How my mom is now isn’t who she was and it isn’t who she is. Her internal governor being gone doesn’t reveal anything about the real woman. If she had been able to process her family stuff throughout her adult years, I don’t know if that would have made a difference now. Although I wish she could have removed the tapes inside her head that told her she was less than and unworthy; when receiving therapeutic counseling became popular in the 1990’s, she was proud of not “needing” counseling back then. That proud part of her personality is still there and when she expresses it, we celebrate it.
Whenever a resident invites me into their room at the nursing home, I love to see pictures of them when they were younger hanging on the walls because it gives me insight into who they were when all their mental faculties were intact. When I practice the Validation technique and relate to the person I’ve seen in the photograph or the person I knew my mom to be, I get smiles and even laughter as they have an opportunity to feel seen and heard in a way that feels familiar to them.
Dementia is hard. It makes no sense. It is all around us. The number of people it affects is growing. As with all chronic and terminal diseases, it makes life with the patient all about them. Your own needs and desires get routinely swept aside.
If I may offer some advice born of my own experience ~
Whatever techniques you use to handle the loved ones in your life who have this disease, the answer is always, always love. The only thing to do is just love them.
Meet them where they are and when doing that makes you really uncomfortable, find someone to process the experience with afterwards. Get up close. Sit, bend, or squat so that you can make direct eye contact. Touch them. Squeeze a hand, pat a shoulder, give a hug, stroke their hair. Try to make sense of what’s being said and when you can’t, just hang in there.

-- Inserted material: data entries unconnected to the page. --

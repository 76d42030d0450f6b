//! Sampled values, and which of them count.
ghost use Rattle.std.specs.Prelude.{◌≡◌, ◌≢◌, ◌≤◌, Ok, Err, IfOk, OnOk, IfErr, option_map, [], ◌∷◌, ◌++◌};
ghost use Rattle.marked_json.specs.Reading.{node};
ghost use Rattle.ledger_model.{specs.Ranges.greatest_reading, specs.Event.MeterReading};
ghost use Rattle.transaction_event.{specs.Growth.SampleGrows, specs.declared.fault.PayloadFault.TheVariants.OutOfMemory};
ghost use Rattle.transaction_event.specs.Sampled as spec;

use crate::PayloadFault;
use crate::member::{optional_object, optional_text, required_number};
use crate::readings::CountedReadings;
use crate::scale::Scale;
use ledger_model::{Direction, Moment, Reading};
use marked_json::Node;
use reading_decimal::mwh_of;

fn absent_or(expected: &str, text: Option<&str>) -> bool
    ensures { result ≡ spec.absent_or expected.now (option_map (λ s. s.now) text.entry) }
{
    match text {
        Some(text) => text == expected,
        None => true,
    }
}

// The direction of the register that a measurand names.
fn direction_of(measurand: Option<&str>) -> Option<Direction>
    ensures { result ≡ spec.direction_of (option_map (λ s. s.now) measurand.entry) }
{
    if absent_or("Energy.Active.Import.Register", measurand) {
        Some(Direction::Import)
    } else if absent_or("Energy.Active.Export.Register", measurand) {
        Some(Direction::Export)
    } else {
        None
    }
}

// In which direction a sampled value counts, if it does; its three texts are all checked first.
#[tactic(auto, unfolding(crate::specs::Sampled::counts))]
fn counts(sampled: Node) -> Result<Option<Direction>, PayloadFault>
    ensures value { result ≡ spec.counts (node sampled.entry) }
    ensures memory { IfErr result (λ f. f ≢ OutOfMemory) }
{
    let measurand = optional_text(sampled, "measurand")?;
    let phase = optional_text(sampled, "phase")?;
    let location = optional_text(sampled, "location")?;
    if phase.is_none() && absent_or("Outlet", location) {
        Ok(direction_of(measurand))
    } else {
        Ok(None)
    }
}

// The whole milliwatt-hours of a sampled value that counts.
#[tactic(auto, unfolding(crate::specs::Sampled::sampled_mwh))]
fn sampled_mwh(sampled: Node) -> Result<u64, PayloadFault>
    ensures value { result ≡ spec.sampled_mwh (node sampled.entry) }
    ensures range { IfOk result (λ mwh. mwh ≤ greatest_reading) }
    ensures memory { IfErr result (λ f. f ≢ OutOfMemory) }
{
    let scale = Scale::of(optional_object(sampled, "unitOfMeasure")?)?;
    let token = required_number(sampled, "value")?;
    mwh_of(token, scale.multiplier(), scale.unit()).map_err(|_| PayloadFault::Decimal)
}

fn add_counted(
    moment: Moment,
    sampled: Node,
    counted: Option<Direction>,
    readings: &mut CountedReadings,
) -> Result<(), PayloadFault>
    ensures ok { OnOk result
        (spec.if_counted moment readings.old (node sampled.entry) counted ≡ Ok readings.new) }
    ensures err { IfErr result
        (λ f. f ≢ OutOfMemory → spec.if_counted moment readings.old (node sampled.entry) counted ≡ Err f) }
    ensures memory { IfErr result
        (λ f. f ≡ OutOfMemory → (reading : MeterReading)
        × (spec.if_counted moment readings.old (node sampled.entry) counted ≡ Ok (readings.old ++ reading ∷ []))) }
{
    match counted {
        Some(direction) => {
            let mwh = sampled_mwh(sampled)?;
            readings.add(Reading::new(moment, mwh, direction).unwrap())
        }
        None => Ok(()),
    }
}

/// Adds the reading of a sampled value, if it counts: one of an active energy register, of no
/// single phase, taken at the outlet (SampledValueType, OCPP 2.0.1 Part 2, J02). Faults:
/// `WrongType`, `Range`, `Missing`, `Decimal`, `TooManyReadings`, `OutOfMemory`.
#[tactic(auto, unfolding(crate::specs::Sampled::sample))]
pub fn sample(
    moment: Moment,
    value: Node,
    readings: &mut CountedReadings,
) -> Result<(), PayloadFault>
    ensures ok { OnOk result (spec.sample moment readings.old (node value.entry) ≡ Ok readings.new) }
    ensures err { IfErr result
        (λ f. f ≢ OutOfMemory → spec.sample moment readings.old (node value.entry) ≡ Err f) }
    ensures memory { IfErr result (λ f. f ≡ OutOfMemory → SampleGrows moment readings.old (node value.entry)) }
{
    if !value.is_object() {
        return Err(PayloadFault::WrongType);
    }
    let counted = counts(value)?;
    add_counted(moment, value, counted, readings)
}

You don’t have to feel sorry for them. If you do, don’t let feeling sorry for them keep you from connecting and don’t let it shut down acts of compassion. Just be present to them, follow your intuition; and if you make a mistake, you’ll probably get an opportunity for a re-do in the same conversation.
You’ll grow patience you never knew had and you’ll come to respect yourself for being there for them. Sometimes loving someone only happens in the ways they are capable of receiving it. But when it’s all said and done, it is all about the love and that is all that matters.